1. For each youtube video, we select the mode of the streams, the quality and for this application, we select only_video stream.

2. The resulting stream is downloaded and we get a video in .mp4 format.

3. We specify the number of frames to be skipped.

4. We extract frames and store those frames in a list. While reading using cv2.VideoCapture(file_path).read(), frames are returned in BGR format so while using Image.fromarray() we need to reverse the order of channels.

5. Each frame in a batch is preprocessed by using the preprocess function from clip.

6. All the frames in a batch are encoded and normalised. So in this case, each frame is represented by an array of length 512.

7. After concatenating all such encodings for frames in a video, we get a video_features tensor


###How long does it take ?

It depends on the size of video. For example, processing the first video in our dataset took 266.76 seconds

## Q. How does inference work? How performant is v1.

Ans:

Steps:

1. After getting, video_features tensor, we also get encoding result of the query which we have passed which is of shape [1,512]. We normalize these encodings.
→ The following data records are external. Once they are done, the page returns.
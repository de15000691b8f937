use crate::Mark;

/// The answer of an append.
#[derive(Debug, Drop)]
pub enum Append {
    /// The history has grown by the sample, which stands at this place.
    Accepted { place: u64 },
    /// The cost of the history and of the sample are over the session limit, all in bytes.
    SessionFull { held: u64, size: u64, limit: u64 },
    /// An earlier call met a fault of the disk. The last mark still holds.
    Stopped { mark: Mark },
    /// The disk failed in this call: its count of faults rose, or stands at its last value. The book is stopped.
    DiskFault { before: u64, after: u64 },
    /// Want of memory.
    Memory,
}

/// The answer of a flush, with the note of the view.
#[derive(Debug, Drop)]
pub enum Flush<N: Drop> {
    /// Each crash from now on leaves a file with `through` samples, which is all of the history; `shown` of them are
    /// published, and less than all only where sealing or the view found no memory.
    Done { through: u64, shown: u64, note: N },
    /// The disk failed in this call: its count of faults rose, or stands at its last value. The book is stopped.
    DiskFault { before: u64, after: u64 },
    /// An earlier call met a fault of the disk. The last mark still holds.
    Stopped { mark: Mark },
}
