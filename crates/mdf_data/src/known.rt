/// How long the records of a group are, without their ids.
#[derive(Clone, Copy)]
pub enum Size {
    /// So many bytes each.
    Fixed(u64),
    /// Values of variable length: each a u32, which says how many bytes follow.
    Variable,
}

/// A group of records.
#[derive(Clone, Copy)]
pub struct Known {
    /// What the ids of its records say.
    pub id: u64,
    /// How long they are.
    pub size: Size,
}

/// A whole record of a stream, with its id.
#[derive(Clone, Copy, Debug)]
pub struct Piece {
    /// The number of its group, counted from 0.
    pub which: u32,
    /// The place of its first byte in the stream.
    pub at: u64,
    /// How many bytes it has.
    pub len: u64,
}

/// The group that an id belongs to.
#[derive(Clone, Copy)]
pub(crate) struct Group {
    /// Its number, counted from 0.
    pub(crate) which: u32,
    /// How long its records are.
    pub(crate) size: Size,
}
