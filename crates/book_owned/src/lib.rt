//! The book of a recording: the samples that were accepted, and the file that holds them, on one thread.
//!
//! A book has a front, which holds the history, the marks, the records that are not written yet and the view, and a
//! back, which is the gated file. An append puts a sample into the front, and hands the pending records over to the back
//! where they would pass the block limit; a flush hands over what is pending. Each hand-over that succeeds makes a mark:
//! from its moment on each crash leaves a file with at least so many samples.
//!
//! A book can be split into these two halves, so that the front takes samples while the back writes the block that was
//! handed over, and it can be joined again.
#![tactic(auto)]

mod answer;
mod back_half;
mod book;
mod fault;
mod flushing;
mod front;
mod front_half;
mod handed;
mod handing;
mod in_memory;
mod law;
mod mark;
mod splitting;
mod view;
mod written;

pub use answer::{Append, Flush};
pub use back_half::Back;
pub use book::Book;
pub use front_half::Front;
pub use handed::Handed;
pub use law::keeps_law;
pub use mark::{Mark, Marks};
pub use view::{NoView, Shown};
pub use written::Written;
2. We obtain similarity between the query and frames in our video by performing **matrix muliplication**. Lets say our video features tensor is of shape [89,512], i.e a batch with 89 frames and each frame is represented by a 512 length tensor.
The shape of query encoding is [1,512]

matrix multiplication= [89,512]@[1,512].T

Mulitplying the result with 100 gives **similarity scores** and we select top 3 of the frames.

3. After we get our top 3 similarity scores and corresponding frames, we put a **threshold**. In this case, I have put 28. We will select all values greater than 28 (**trial and error**). **If we get some frames with similarity values greater than 28 then we conclude that query is present in the video else not.**

##Q. How to improve:

1. One way will be to not skip frames which processing videos. In this case, the threshold will be much higher i.e nearly 70 to 80 percent or more and we can get accurate results.

2. Before processing all the videos, we can preprocess the description of each video. Encode and normalize the the description. We can then find the cosine similarity between the encoding of description and the query. If the similarity is beyond a threshold (we will set it experimentatlly) then and only then we will download that particular video. This will save us from unnecessary downloads

##Q. How performant is v1 ?

Ans Lets say to process a video and and find similarity between query word and frames from the video, time taken is T. In the current implementation, total time will be L*T where L is the total length of the dataset.


If we consider the second method in improvements, then the time taken will be l*T where l is the number of videos which have more chances of being related to the query word.